Sorry, but I was taught long ago not to give my money away until I knew what it was being spent for, and in this "bailout" I, as a tax payer, don't know what my money is being spent for. And here's the rub - these are the same guys who said we needed to buy up Bear Sterns and let Lehman Brothers fail, and that would be that.

Sheril, you write an amusing column; and get some pretty interesting responses.

By Fred Sauberman (not verified) on 30 Sep 2008 #permalink

I am not an American but I think the proposed bailout was a bad idea. Much better to just guarantee the depositors money in the banks and then let the banks merge, sell out, fail, whatever. The package had too much power going to Treasruy and you know they would do something stupid like pay more than fair value for the financial assets which is partly what casued the problem in the first place.

The biggest danger is loss of confidence. People are still going to work, business still makes and sells product, the houses still exist, it's only the artificail value that people has put on the paper that has gone to hell. However what can cause the economy to tank is lack of confidnece, those with jobs and money stop spending and that puts more people out of work. It's not the markdet that casues recessions, the market is a symptom, it's lack of confidence (and liquidity) that can do you in.
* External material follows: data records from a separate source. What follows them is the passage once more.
//! The program `registry`.
//!
//! `registry_program::run_words` is what the words of a command line come to, over any opener of registries
//! and with any ends for standard input, output and error; `stored::run_in_files` is that over databases in
//! files. `databases::Databases` opens these: `specs/Databases.antt` says in which states it finds them, as
//! far as the files return what was written. `main` gives them the ends of the process.
#![tactic(auto)]

mod beginning;
mod contents_file;
mod databases;
mod files;
mod looking;
mod progress;
mod refusal;
mod stored;
mod supposed;

use registry_orders::Failure;
use registry_orders::failure::say;
use sqlite::Unknown;
use std::env;
use std::process::ExitCode;

/// The words behind the program's name; none for want of memory.
fn words(rt: &HostRuntime) -> Option<Vec<String>> {
    env::args(rt).ok()?.skip(1).collect(rt.alloc()).ok()
}

fn main(rt: HostRuntime) -> ExitCode {
    let status = match words(&rt) {
        Some(words) => files::run::<Unknown, Unknown, _, _, _, _>(
            &rt,
            words.as_slice(),
            &mut rt.stdin(),
            &mut rt.stdout(),
            &mut rt.stderr(),
        ),
        None => say(&mut rt.stderr(), Failure::OutOfMemory),
    };
    ExitCode::from(status)
}
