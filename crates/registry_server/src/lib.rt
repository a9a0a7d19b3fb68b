//! The connections of a server over one service, each a `Receiver`.
//!
//! The crates above rely on `Connections`: each call says what it made of the connection that it names, and
//! that every other one is exactly as it was; `laws` say what any list of calls comes to. What serves one
//! connection is named here too (`registry_conversation`).
#![tactic(auto)]

pub mod bounds;
pub mod connection;
pub mod connections;
pub mod gone;
pub mod laws;
pub mod life;
pub mod receipt;
pub mod refusal;
pub mod room;
pub mod silence;
pub mod sums;
pub mod turn;
pub mod waiting;

pub use bounds::{Bounds, LARGEST, SHARE};
pub use connections::Connections;
pub use receipt::Receipt;
pub use refusal::Refusal;
pub use registry_conversation::{
    Conversation, Exchange, FieldRoom, Phase, ReadFault, Receiver, Step, Wants, serve_connection,
    serve_one,
};
pub use turn::Turn;
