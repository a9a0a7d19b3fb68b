ghost use Rattle.std.specs.Prelude.{◌≡◌, ◌<◌, ◌≤◌, ◌-◌, ◌==◌, false, length, take, get_or, None, IfSome, IfNone, All};
ghost use Rattle.registry_server.specs.Open.{LastAt, StirredAt, conversation_of};
ghost use Rattle.registry_server.specs.Slots.{slots_of, IsMoved};
ghost use Rattle.registry_server.specs.declared.connection.Connection.{Connection};
ghost use Rattle.oci_types.specs.Text.{Text};

use crate::life::Life;
use crate::sums::Sums;
use crate::turn::Turn;
use crate::waiting::Waiting;
use crate::{FieldRoom, Receiver, Step};
use registry_holding::Holder;
use registry_model::Settings;
use registry_service::Service;
use std::alloc::Global;

/// An open connection.
pub struct Connection {
    pub number: u64,
    /// Elsewhere, so that what stands in a row of connections is small.
    pub conversation: Box<Receiver>,
    /// Nothing is to go out on it, and something came for it that it was not asked about yet, or its last
    /// reply has gone out.
    pub stirred: bool,
    pub life: Life,
}

impl Drop for Connection {
    fn drop(self) {
        let Connection {
            number: _,
            conversation: _,
            stirred: _,
            life: _,
        } = self;
    }
}

impl Connection {
    ghost use Rattle.registry_conversation.specs.Shown.{coming_len};
    ghost use Rattle.registry_server.specs.Open.{Becomes, Hears, Finishes, Sends, hears, sends, goes_on};
    ghost use Rattle.registry_server.specs.Slots.{slot_of};
    ghost use Rattle.registry_server.specs.Held.{with_other};
    ghost use Rattle.registry_server.specs.Lives.{alive_at, moved_by, sent_by};
    ghost use Rattle.registry_conversation.specs.Receiving.{ActsOn, Lies, TellsApart};

    /// These bytes came on it.
    pub fn receive(&mut self, bytes: &[u8], time: u64, sums: &mut Sums)
        ensures becomes { Becomes (Hears bytes.now) (hears (slot_of self.old)) (slot_of self.old)
            (slot_of self.new) }
        ensures lives { self.new.life ≡ moved_by (length bytes.now) time self.old.life }
        ensures sums { sums.new ≡ with_other (slot_of self.old).conversation
            (slot_of self.new).conversation sums.old }
    {
        let heard = self.conversation.listens() && self.conversation.outgoing().is_empty();
        sums.take(&self.conversation);
        self.conversation.receive(bytes);
        sums.add(&self.conversation);
        self.stirred = heard || self.stirred;
        self.life = self.life.moved(bytes.len(), time);
    }

    /// Its input has ended.
    pub fn finish(&mut self)
        ensures becomes { Becomes Finishes (hears (slot_of self.old)) (slot_of self.old) (slot_of self.new) }
        ensures lives { self.new.life ≡ self.old.life }
    {
        let heard = self.conversation.listens() && self.conversation.outgoing().is_empty();
        self.conversation.finish();
        self.stirred = heard || self.stirred;
    }

    /// So many of its bytes that were to go out went.
    pub fn sent(&mut self, count: usize, time: u64, sums: &mut Sums)
        requires { count ≤ length (slot_of self.old).conversation.going }
        ensures becomes { Becomes (Sends count) (sends count (slot_of self.old)) (slot_of self.old)
            (slot_of self.new) }
        ensures lives { self.new.life
            ≡ sent_by count (length (slot_of self.new).conversation.going == 0) time self.old.life }
        ensures sums { sums.new ≡ with_other (slot_of self.old).conversation
            (slot_of self.new).conversation sums.old }
    {
        sums.take(&self.conversation);
        self.conversation.sent(count);
        sums.add(&self.conversation);
        let whole = self.conversation.outgoing().is_empty();
        self.stirred = whole || self.stirred;
        self.life = self.life.sent(count, whole, time);
    }

    /// So many bytes moved that it is not told of.
    pub fn note_moved(&mut self, count: usize, time: u64)
        ensures same { slot_of self.new ≡ slot_of self.old }
        ensures lives { self.new.life ≡ moved_by count time self.old.life }
    {
        self.life = self.life.moved(count, time);
    }

    /// Its silence begins anew.
    pub fn excuse(&mut self, time: u64)
        ensures same { slot_of self.new ≡ slot_of self.old }
        ensures lives { self.new.life ≡ alive_at time }
    {
        self.life = Life::at(time);
    }

    /// Gives back the room that holds nothing.
    pub fn give_back(&mut self, alloc: Global)
        ensures same { slot_of self.new ≡ slot_of self.old }
        ensures lives { self.new.life ≡ self.old.life }
    {
        self.conversation.give_back(alloc);
    }

    /// Behind a turn that came to this.
    fn settle(&mut self, step: Step)
        ensures settles { slot_of self.new ≡ record {
          number = self.old.number;
          conversation = (slot_of self.old).conversation;
          stirred = goes_on step (slot_of self.old).conversation;
        } }
        ensures lives { self.new.life ≡ self.old.life }
    {
        let goes_on = matches!(step, Step::Answered | Step::Interim);
        self.stirred = goes_on && self.conversation.outgoing().is_empty();
    }

    /// It takes a turn. Where it answered a request, or has told its client to go on with the body, it is
    /// to be looked at again once nothing is to go out.
    pub fn answer_next<K: Holder>(
        &mut self,
        alloc: Global,
        service: &mut Service<K>,
        settings: Settings,
        fields: &mut FieldRoom,
        sums: &mut Sums,
        waiting: &mut Waiting,
    ) -> Turn
        ensures honest { K.is_honest service.new → K.is_honest service.old }
        ensures number { result.number ≡ self.old.number }
        ensures acts { Becomes (λ c c'. K.is_honest service.new
            → ActsOn settings result.step self.old.number c (K.kept service.old) c' (K.kept service.new))
            (goes_on result.step (slot_of self.new).conversation) (slot_of self.old) (slot_of self.new) }
        ensures fewer { coming_len (slot_of self.new).conversation
            ≤ coming_len (slot_of self.old).conversation }
        ensures lives { self.new.life ≡ self.old.life }
        ensures sums { sums.new ≡ with_other (slot_of self.old).conversation
            (slot_of self.new).conversation sums.old }
        ensures tells { K.is_honest service.new → (apart : Text)
            → Lies self.old.number (K.kept service.old) (slot_of self.old).conversation apart
            → TellsApart settings result.step self.old.number apart (slot_of self.old).conversation
            (K.kept service.old) (slot_of self.new).conversation (K.kept service.new) result.report }
    {
        let had_stage = self.conversation.has_stage();
        let may_stage = waiting.may_take(self.number);
        sums.take(&self.conversation);
        let step = self
            .conversation
            .answer_next(alloc, service, self.number, settings, fields, may_stage);
        sums.add(&self.conversation);
        let let_go = had_stage && !self.conversation.has_stage();
        waiting.note_turn(self.number, self.conversation.waits_for_room(), let_go);
        let report = self.conversation.take_report();
        self.settle(step);
        Turn {
            number: self.number,
            step,
            report,
        }
    }
}

/// Where the last connection of this number stands. It looks from the back, where those stand that had their
/// turns last.
pub(crate) fn find(connections: &[Connection], number: u64) -> Option<usize>
    ensures found { IfSome result (λ at. LastAt number at (slots_of connections.now)) }
    ensures none { IfNone result (conversation_of number (slots_of connections.now) ≡ None) }
{
    for i in (0..connections.len()).rev() {
        if connections[i].number == number {
            return Some(i);
        }
    }
    None
}

/// Where the first connection stands that is to be looked at; so many from the front are not.
pub(crate) fn find_stirred(connections: &[Connection], resting: usize) -> Option<usize>
    requires { All (λ s. s.stirred ≡ false) (take resting (slots_of connections.now)) }
    ensures found { IfSome result (λ at. StirredAt at (slots_of connections.now)) }
    ensures none { IfNone result (All (λ s. s.stirred ≡ false) (slots_of connections.now)) }
{
    for i in resting..connections.len() {
        if connections[i].stirred {
            return Some(i);
        }
    }
    None
}

/// Where the first connection stands that has been silent for so long.
pub fn find_silent(connections: &[Connection], time: u64, limit: u64) -> Option<usize>
    ensures found { IfSome result (λ at. (at < length connections.now)
        × (c : Connection) × (c ≡ get_or connections.now at c) × (limit ≤ time - c.life.since)) }
    ensures none { IfNone result (All (λ c. time - c.life.since < limit) connections.now) }
{
    for (i, connection) in connections.iter().enumerate() {
        if time.saturating_sub(connection.life.since) >= limit {
            return Some(i);
        }
    }
    None
}

/// The earliest last sign of life of all of them, or `time`, where that is earlier.
pub(crate) fn oldest(connections: &[Connection], time: u64) -> u64
    ensures past { result ≤ time }
    ensures each { All (λ c. result ≤ c.life.since) connections.now }
{
    let mut oldest = time;
    for connection in connections.iter() {
        oldest = oldest.min(connection.life.since);
    }
    oldest
}

/// The same, or an earlier time, where one is gone: it gave its last sign of life at `gone`, and with it no
/// life was earlier than `before`. It walks over them only where the one that is gone was the earliest.
pub(crate) fn oldest_without(connections: &[Connection], gone: u64, before: u64, time: u64) -> u64
    requires past { before ≤ time }
    requires each { All (λ c. before ≤ c.life.since) connections.now }
    ensures past { result ≤ time }
    ensures each { All (λ c. result ≤ c.life.since) connections.now }
{
    if gone == before {
        oldest(connections, time)
    } else {
        before
    }
}

/// Puts a connection behind all others.
pub fn to_back(connections: &mut [Connection], at: usize)
    requires { at < length connections.old }
    ensures { IsMoved at connections.old connections.new }
{
    connections[at..].rotate_left(1);
}
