//! The second line on standard error: a place, and what is wrong there.
ghost use Rattle.std.specs.Prelude.{◌≡◌, ◌++◌, Option, OnOk, codes};
ghost use Rattle.std.specs.Io.KnownBytes.{Appends};
ghost use Rattle.oci_types.specs.Text.{Text};
ghost use Rattle.registry_orders.specs.declared.cause.Cause.{Cause};
ghost use Rattle.registry_orders.specs.Failures.{status_of};
ghost use Rattle.registry_orders.specs.Causes.{words_of, line_of, line_if, lines_of, IsAtMostOneLine};
ghost use Rattle.registry_orders.specs.Outputs.{newline, AppendsPart};

use crate::failure::{Failure, write_line};
use crate::output::write_texts;
use std::io;
use std::io::Write;

/// What is wrong with a place: the path of a database or a socket, an address, or a subcommand.
#[derive(Clone, Copy)]
pub enum Cause {
    InUse,
    NoFolder,
    IsFolder,
    /// SQLite takes the path for something else.
    NoFileName,
    /// It is a link that leads nowhere, a device, or a file of several names.
    NoPlainFile,
    NoRightToRead,
    NoRightToWrite,
    ReadOnly,
    /// It is a file of another kind.
    NoDatabase,
    /// What another program left beside it has to be played back first.
    Journal,
    DiskFull,
    /// The database a database, but no registry's.
    NoRegistry,
    /// A registry keeps its contents beside its database, and there is no file of them.
    NoContents,
    ForeignContents,
    ShortContents,
    /// The database is an older copy than the file.
    NewerContents,
    /// A new registry is to have a file of contents where one is.
    ContentsThere,
    PortInUse,
    NoAddress,
    NoHost,
    /// No address of this machine.
    Elsewhere,
    NoRightToPort,
    /// The registry that is to be served is given twice, or not at all, or not as it is to be.
    RegistryOptions,
    /// The scheme by which clients log in is none.
    LoginOptions,
    /// How a new registry keeps contents is given without a database, or names no layout.
    LayoutOptions,
    /// A token is given twice, or not at all.
    TokenOptions,
    /// The place of an order is given twice, or not at all.
    PlaceOptions,
    NoFile,
    Unreadable,
    /// The first line that was read is no token.
    NoToken,
    /// Nobody listens at the path for orders.
    NoServer,
    /// A server that lives takes orders at the path.
    ServerThere,
    /// Something else than a socket is at the path.
    NoSocket,
}

impl Cause {
    /// What is said of it.
    pub fn words(self) -> &'static str
        ensures { result.now ≡ words_of self }
    {
        match self {
            Cause::InUse => {
                "in use by another process; a server that holds it takes orders by --orders"
            }
            Cause::NoFolder => "no such folder",
            Cause::IsFolder => "is a folder",
            Cause::NoFileName => "not the name of a file",
            Cause::NoPlainFile => "is a link, a device or a file of several names",
            Cause::NoRightToRead => "no right to read",
            Cause::NoRightToWrite => "no right to write",
            Cause::ReadOnly => "on a file system that is read-only",
            Cause::NoDatabase => "no database, but a file of another kind",
            Cause::Journal => "has a rollback journal beside it, which sqlite3 has to play back",
            Cause::DiskFull => "the disk is full",
            Cause::NoRegistry => "a database, but no registry's",
            Cause::NoContents => "its file of contents is not there, or is no file of contents",
            Cause::ForeignContents => "its file of contents belongs to another registry",
            Cause::ShortContents => "its file of contents is shorter than its rows say",
            Cause::NewerContents =>
                "its file of contents is newer than the database, an older copy",
            Cause::ContentsThere =>
                "a file of contents is there already, of another registry or of none",
            Cause::PortInUse => "port in use",
            Cause::NoAddress => "not an address",
            Cause::NoHost => "no address is known for this name",
            Cause::Elsewhere => "not an address of this machine",
            Cause::NoRightToPort => "no right to the port",
            Cause::RegistryOptions => {
                "wants --db PATH, or --memory with --repo NAME=QUOTA and --grant TOKEN=NAME=LEVEL"
            }
            Cause::LoginOptions => "wants --login http or --login https",
            Cause::LayoutOptions => "wants --layout tables or --layout beside, with --db PATH",
            Cause::TokenOptions => "wants one of --token TOKEN and --token-file PATH",
            Cause::PlaceOptions => "wants one of --db PATH and --orders PATH",
            Cause::NoFile => "no such file",
            Cause::Unreadable => "cannot be read",
            Cause::NoToken => "the first line is no token",
            Cause::NoServer => "no server takes orders here",
            Cause::ServerThere => "another server takes orders here",
            Cause::NoSocket => "is no socket",
        }
    }
}

/// Writes a place and what is wrong there, as a line.
fn write_reason<'a, E: Write>(err: &mut E, place: &'a str, words: &'a str) -> io::Result<()>
    ensures whole { OnOk result (Appends (E.contents err.old) (E.contents err.new)
        (codes "registry: " ++ place.now ++ codes ": " ++ words.now ++ newline)) }
    ensures part { AppendsPart (E.contents err.old) (E.contents err.new)
        (codes "registry: " ++ place.now ++ codes ": " ++ words.now ++ newline) }
{
    write_texts(err, &["registry: ", place, ": ", words, "\n"])
}

/// Says `registry: PLACE: CAUSE`. Nothing is said of a place that has a line's end in it. Where that fails, a
/// first part of the line was written.
pub fn explain<E: Write>(err: &mut E, place: &str, cause: Cause) -> io::Result<()>
    ensures whole { OnOk result (Appends (E.contents err.old) (E.contents err.new)
        (line_of place.now cause)) }
    ensures part { AppendsPart (E.contents err.old) (E.contents err.new) (line_of place.now cause) }
{
    if place.as_bytes().contains(&b'\n') {
        return Ok(());
    }
    write_reason(err, place, cause.words())
}

/// The same, where a cause is known.
fn explain_if<E: Write>(err: &mut E, place: &str, cause: Option<Cause>) -> io::Result<()>
    ensures whole { OnOk result (Appends (E.contents err.old) (E.contents err.new)
        (line_if place.now cause)) }
    ensures part { AppendsPart (E.contents err.old) (E.contents err.new) (line_if place.now cause) }
{
    match cause {
        Some(cause) => explain(err, place, cause),
        None => Ok(()),
    }
}

/// Says what failed, and on a line behind it, where that is known, what is wrong with a place. Where that
/// fails, a first part of these lines was written.
pub fn tell_at<E: Write>(
    err: &mut E,
    failure: Failure,
    place: &str,
    cause: Option<Cause>,
) -> io::Result<()>
    ensures whole { OnOk result (Appends (E.contents err.old) (E.contents err.new)
        (lines_of failure place.now cause)) }
    ensures part { AppendsPart (E.contents err.old) (E.contents err.new) (lines_of failure place.now cause) }
{
    match write_line(err, failure) {
        Ok(()) => explain_if(err, place, cause),
        Err(error) => Err(error),
    }
}

/// Says what failed, as `tell_at` does, and gives the exit status.
pub fn say_at<E: Write>(err: &mut E, failure: Failure, place: &str, cause: Option<Cause>) -> u8
    ensures status { result ≡ status_of failure }
    ensures said { AppendsPart (E.contents err.old) (E.contents err.new) (lines_of failure place.now cause) }
{
    let _ = tell_at(err, failure, place, cause);
    failure.status()
}

/// What stands behind the line of a failure is nothing, or one line.
pub fn a_cause_takes_one_line()
    ensures { (place : Text) (cause : Option Cause) → IsAtMostOneLine (line_if place cause) }
{}
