//! The registry that connections are served over.
ghost use Rattle.std.specs.Prelude.{IfErr, IfOk};
ghost use Rattle.clap.specs.Words.{found_of, rows_of};
ghost use Rattle.registry_orders.specs.Failures.{IsOfWords};
ghost use Rattle.registry_orders.specs.Served.{IsServedIn};

use crate::failure::Failure;
use crate::given::{is_given, text_given, texts_given};
use crate::options::Setup;
use clap::ArgMatches;
use std::alloc::Global;

/// The registry that connections are served over.
#[derive(Drop)]
pub enum Served<'a> {
    /// One in memory, which begins with this setup and is gone afterwards.
    Memory(Setup),
    /// That in the database at a path.
    Stored(&'a str),
}

/// The registry that is to be served: a database, or one in memory, which alone is set up here.
pub(crate) fn served_given<'a>(
    alloc: Global,
    matches: &ArgMatches<'a>,
) -> Result<Served<'a>, Failure>
    ensures found { IfOk result (IsServedIn (rows_of (found_of matches.now))) }
    ensures refused { IfErr result IsOfWords }
{
    let repos = texts_given(matches, "repo").unwrap_or(&[]);
    let grants = texts_given(matches, "grant").unwrap_or(&[]);
    let memory = is_given(matches, "memory");
    match text_given(matches, "db") {
        Some(path) if !memory && repos.is_empty() && grants.is_empty() => Ok(Served::Stored(path)),
        None if memory => Ok(Served::Memory(Setup::read(alloc, repos, grants)?)),
        _ => Err(Failure::InvalidOptions),
    }
}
By CanuckRob (not verified) on 30 Sep 2008 #permalink

This whole "Great Depression II" theme is little more than uninformed fear mongering.

It's bad enough that Bush and virtually all the main stream press were doing it to get the bailout passed, but I did not expect to see it here as well.

The bailout of the big wall street banks does little if anything to address the credit crisis, according to most economists.

The latter will require a direct infusion of capital and should (by all rights) also involve partial government ownership of the banks that get the capital.

But of course, Bush is not actually listening to experts whose interest is in helping ordinary Americans.

He has never done so before. Why start now?